Development of innate and adaptive immunity to RSV in young children

Respiratory syncytial virus (RSV) is a ubiquitous single-stranded RNA virus responsible for seasonal epidemics of respiratory disease [1], [2]. Globally, 3.6 million hospitalizations were attributable to RSV in 2019 with over 100,000 deaths in children younger than five years [3]. RSV infection causes a range of symptoms, from mild, cold-like symptoms to respiratory failure and death. In infants, lower respiratory tract infection can manifest with bronchiolitis, or less commonly, viral pneumonia. Bronchiolitis in particular is characterized by lower airway mucous production, recruitment of inflammatory cells and shedding of epithelial cells into the airway lumen, leading to impaired gas exchange and increased work of breathing [4], [5]. This pathology is in striking contrast to older children, who are more likely to exhibit only mild symptoms. At the other end of the age spectrum, adults over 65 years of age, are also at increased risk of severe disease, particularly RSV associated pneumonia. Comorbidities associated with cardiac or pulmonary compromise are also risk factors for severe disease [6], [7]. In otherwise healthy individuals, however, age is the strongest predictor of disease severity, with young infants and older adults most commonly affected [8], [9].

Nearly all children are infected with RSV in the first few years of life, making RSV one of the most frequent and earliest pathogens to engage the immune system [1], [10], [11], [12]. Infection in early life, however, does not result in lasting protective immunity [11]. Recurrent seasonal infections occur throughout life, despite minimal antigenic variability [11], [13], [14]. Age-associated changes in the immune system occur from infancy to adulthood and influence pathogen-specific memory responses and disease outcomes that can shape the host response to RSV. The fetal immunologic environment is more tolerogenic, which is protective for the mother and the fetus [15]. The transition from the intrauterine environment requires immunologic development and education in post-natal and early childhood when infants are vulnerable to RSV infection. Neonatal immune responses can be less responsive, more inhibitory and less proinflammatory compared to their adult counterparts [16] with non-robust T helper type 1 (Th1) responses. As a result, newborns are often more susceptible to intracellular pathogens. In addition to the morbidity associated with acute RSV infections, early life exposure to RSV has been associated with perturbations in the immune system increasing the risk of wheezing [17], [18], [19], [20], [21].

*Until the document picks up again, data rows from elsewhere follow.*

//! Peeks of a connection: what its lines ask to peek at, and how that is answered from a shot.
ghost use Rattle.std.specs.Prelude.{◌≡◌, ◌≤◌, [], ◌∷◌, IfOk, IfSome, IsErrOf, length, true};
ghost use Rattle.io_edges.specs.Causes.{Rose};
ghost use Rattle.snap_reads.specs.Views.{TakesOn};
ghost use Rattle.grist_serve.specs.Answered.{asks_peek, peeked_table};
ghost use Rattle.grist_serve.specs.Due.{IsDue, IsPeekAnswered, IsPeekReply, has_turned, standing};
ghost use Rattle.grist_serve.specs.ShotAnswering.{AnswersLine};
ghost use Rattle.grist_serve.specs.Turns.{CorePass};

use crate::sending::send_line;
use cell_types::{CellText, Name};
use document_shot::PeekReader;
use grist_json::Line;
use io_edges::{Outbox, SessionEnd, Sink, is_blank, is_long};
use peek_lines::{PeekAnswer, read_peek, write_peek};
use snap_reads::Mark;
use std::alloc::{AllocError, Global};

/// What the last turn of a connection says of the shot that its peeks are to see.
#[derive(Clone, Copy)]
pub(crate) enum Due {
    /// There was no turn yet.
    NoTurn,
    /// It gave no mark: its shot was not published.
    NoMark,
    /// A shot that is as new as this mark.
    At(Mark),
}

impl Due {
    /// What a turn says that gave this mark, or none.
    pub(crate) fn of(mark: Option<Mark>) -> Due
        ensures turned { has_turned result ≡ true }
        ensures due { (pass : CorePass) → IfSome mark (λ m. m.entries ≡ length pass.seen)
            → IsDue result pass }
    {
        match mark {
            Some(mark) => Due::At(mark),
            None => Due::NoMark,
        }
    }
}

/// The table that a line asks to peek at, where it asks for a peek.
pub(crate) fn peeked_table(alloc: Global, line: &[u8]) -> Result<Option<CellText>, AllocError>
    ensures { IfOk result (λ o. o ≡ peeked_table line.now) }
{
    if is_long(line) {
        return Ok(None);
    }
    if is_blank(line) {
        return Ok(None);
    }
    read_peek(alloc, line)
}

// What a peek is answered. Before the first turn no shot is taken: the session cannot be open.
fn peek_answer(
    shots: &mut PeekReader,
    session: &Name,
    table: &CellText,
    due: Due,
) -> Result<PeekAnswer, AllocError>
    ensures takes { TakesOn shots.old.known shots.new.known }
    ensures answer { IfOk result
        (IsPeekAnswered due session.now table.now shots.old.known shots.new.known) }
{
    match due {
        Due::NoTurn => Ok(PeekAnswer::NotOpen),
        Due::NoMark => Err(AllocError),
        Due::At(mark) => {
            shots.learn(mark);
            shots.peek(session, table)
        }
    }
}

// The line that replies to a peek.
fn peek_reply(
    alloc: Global,
    shots: &mut PeekReader,
    session: &Name,
    table: &CellText,
    due: Due,
) -> Result<Line, AllocError>
    ensures takes { TakesOn shots.old.known shots.new.known }
    ensures reply { IfOk result
        (IsPeekReply due session.now table.now shots.old.known shots.new.known) }
{
    let answer = peek_answer(shots, session, table, due)?;
    write_peek(alloc, answer)
}

/// Answers a peek, which closes no session. It takes no turn of the gate.
///
/// While a shot is read the writer of the shots may wait for it.
pub(crate) fn answer_peek<O: Sink>(
    alloc: Global,
    shots: &mut PeekReader,
    session: &Name,
    table: &CellText,
    due: Due,
    outbox: &mut Outbox,
    out: &mut O,
) -> Result<bool, SessionEnd>
    requires empty { outbox.old ≡ [] }
    ensures answers { (pass : CorePass) → IsDue due pass → AnswersLine result session.now
        (standing pass due shots.old.known) (standing pass due shots.new.known)
        (asks_peek table.now ∷ []) (O.written out.old) (O.written out.new) }
    ensures empty { outbox.new ≡ [] }
    ensures apart { O.incoming out.new ≡ O.incoming out.old }
    ensures later { O.faults out.old ≤ O.faults out.new }
    ensures fault { IsErrOf result SessionEnd.WriteFault
        → Rose (O.faults out.old) (O.faults out.new) }
{
    let Ok(line) = peek_reply(alloc, shots, session, table, due) else {
        return Err(SessionEnd::NoMemory);
    };
    match send_line(outbox, out, &line) {
        Ok(()) => Ok(false),
        Err(_) => Err(SessionEnd::WriteFault),
    }
}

With no effective anti-viral treatments available, current efforts are aimed at infection prevention. Two vaccines platforms based on the prefusion structure of the fusion (F) protein of RSV have recently been developed for those over 60 years of age [22], [23] given this population’s risk of severe disease, which is similar to that of influenza. A maternal vaccination strategy built on the stabilized prefusion structure of the F protein was also FDA approved in 2023 for administration between 32 and 36 weeks of gestation to provide passive protection for infants via placental transfer of maternal antibodies [24]. In addition, a monoclonal antibody that binds to the prefusion structure of the F protein, nirsevimab, has also been FDA approved, which has a longer half-life than the prior licensed monoclonal antibody and has the advantage of one administration per RSV season rather than monthly doses [25]. Gaps in scientific knowledge regarding mucosal immunity and age-dependent regulation of immune responses remain and limit infection-preventing vaccine development for the youngest and most vulnerable age groups.

This review will examine the mucosal, cellular, humoral and cytokine driven sources of anti-RSV immunity in children. Given logistical and safety limitations of studying RSV in infants, much of the data from human pediatric studies is observational or derived from murine models and in vitro studies. Overall, we will review age-attributable differences in the development of immunity to RSV and how differences between infection in children and adults provide insight into disease pathogenesis.